Sinah Common is the area to the south of Ferry Road incorporating the Golf course. The area is now a Site of Special Scientific Interest. The area of water in front of the clubhouse is seemingly nowadays referred to as Sinah Lake although an area within Langstone Harbour that forms a lake at low tide is also known as Sinah Lake. Elements of World War 2 gun batteries and pill boxes are well preserved in this area.

==The Kench==
The Kench is a small natural inlet to the north of Ferry Road. Proposals to change this into a commercial port or marina foundered or were thwarted, and the area is now a designated nature reserve with a handful of houseboats permitted.

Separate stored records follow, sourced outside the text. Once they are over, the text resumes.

//! Items are appended, and memory is asked for.
ghost use Rattle.std.specs.Prelude.{◌≡◌, ◌+◌, ◌%◌, ◌<◌, ◌≤◌, [], ◌∷◌, ◌++◌, length, IsOk, OnOk, OnErr};

use super::PagedStack;
use crate::block::PAGE_ITEMS;
use crate::page::Loose;
use std::alloc::AllocError;

// No stack has more pages, so that its counts fit a word.
const MOST_PAGES: usize = 1 << 50;

impl<T: Copy> PagedStack<T> {
    /// Makes sure that `n` items can be appended with no new memory. The items stay as they are, and no more pages are
    /// taken than that asks for. Where `spare` is at least `n` it takes no memory and answers `Ok`.
    ///
    /// After a refusal `spare` is no smaller: the pages that were had are kept.
    pub fn reserve(&mut self, n: usize) -> Result<(), AllocError>
        ensures items { self.new.items ≡ self.old.items }
        ensures spare { self.old.spare ≤ self.new.spare }
        ensures reserved { OnOk result (n ≤ self.new.spare) }
        ensures fewest { self.old.spare < n → self.new.spare < n + 1024 }
        ensures succeeds { n ≤ self.old.spare → IsOk result × (self.new ≡ self.old) }
    {
        while self.spare() < n {
            self.grow()?;
        }
        Ok(())
    }

    /// Appends the item. Where `spare` is above 0 it takes no memory and answers `Ok`; where it is 0 one page is taken.
    ///
    /// After a refusal nothing has changed.
    pub fn push(&mut self, item: T) -> Result<(), AllocError>
        ensures pushed { OnOk result ((self.new.items ≡ self.old.items ++ item ∷ []) × (self.old.spare ≤ self.new.spare + 1)) }
        ensures page { self.old.spare ≡ 0 → OnOk result (self.new.spare ≡ 1023) }
        ensures refused { OnErr result (self.new ≡ self.old) }
        ensures succeeds { 0 < self.old.spare → IsOk result × (self.new.spare + 1 ≡ self.old.spare) }
    {
        if self.spare() == 0 {
            self.grow()?;
        }
        self.push_spare(item);
        Ok(())
    }

    /// Appends the item with no new memory.
    pub fn push_spare(&mut self, item: T)
        requires { 0 < self.old.spare }
        ensures items { self.new.items ≡ self.old.items ++ item ∷ [] }
        ensures spare { self.new.spare + 1 ≡ self.old.spare }
    {
        if self.len % PAGE_ITEMS == 0 {
            return self.push_first(item);
        }
        self.push_next(item)
    }

    // The item is the first of a page.
    fn push_first(&mut self, item: T)
        requires { (0 < self.old.spare) × (length self.old.items % 1024 ≡ 0) }
        ensures items { self.new.items ≡ self.old.items ++ item ∷ [] }
        ensures spare { self.new.spare + 1 ≡ self.old.spare }
    {
        let mut loose = self.spare.pop_front();
        loose.restart(item);
        self.used.push_back(loose);
        self.len += 1;
    }

    // The item goes onto the last page.
    fn push_next(&mut self, item: T)
        requires { length self.old.items % 1024 ≡ 0 → ⊥ }
        ensures items { self.new.items ≡ self.old.items ++ item ∷ [] }
        ensures spare { self.new.spare + 1 ≡ self.old.spare }
    {
        self.used.add(item);
        self.len += 1;
    }

    // Takes memory for one more page.
    fn grow(&mut self) -> Result<(), AllocError>
        ensures grown { OnOk result ((self.new.items ≡ self.old.items) × (self.new.spare ≡ self.old.spare + 1024)) }
        ensures refused { OnErr result (self.new ≡ self.old) }
    {
        if self.used.len() + self.spare.len() >= MOST_PAGES {
            return Err(AllocError);
        }
        let loose = Loose::new(&self.alloc)?;
        self.spare.push_back(loose);
        Ok(())
    }
}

==Landmarks and places of interest==
===Ferry Boat Inn===
The inn was known previously by various titles: as the "Norfolk Inn", "Norfolk Lodge (Inn)", "Hayling Ferry Tavern", and the "Duke of Norfolk". The original Norfolk Inn was present before 1776, built to the east of The Kench on the north side of the ferry point. The replacement building at the ferry point, south of Ferry Road, was built from the wreck of HMS Impregnable which sunk in 1799. The current building to the north of ferry was originally where the boathouse stood. Members of the Spraggs family were licensees and owners from at least 1900 until after the mid-twentieth century and were responsible for the "Ferry" rebranding. The Spraggs were also responsible for operation of Hayling Ferry and there was an undoubtedly synergy between the two enterprises. The establishment is no longer a freehouse, having been sold to Stonegate Pub Company, and is variously branded "Ferryboat" both with and without a space.

===Other places of interest===
- Sinah Warren Holiday Camp
- Golf Club
- Second World War Pillbox and Gunnery Buildings

==Transport==
The Hayling Ferry links to Portsmouth from the Ferry Point, and has been running for more than 200 years. In March 2015, the service shut down when the Hayling Island Ferry company went into administration after safety problems and repeated fines for carrying too many passengers at once. Service resumed in August 2016 after a fundraising effort which included a £5,000 donation from Richard Branson.

Bus services to the ferry ceased in 2004. Efforts to re-instate the service have taken place at various times.

In 2018, Havant Borough Council realised a long-held ambition for a connecting bus, coming up with £20,000 to fund a six-month trial of a Monday to Friday peak hour bus (numbered 149 – for nostalgic reasons – operated by Portsmouth City Coaches) to perform a circuit of Hayling Island before connecting to the ferry, while on the other side First Solent extended their route 15 from its Eastney terminus in Fort Cumberland Road about half a mile on to the turning circle close to the ferry's landing stage.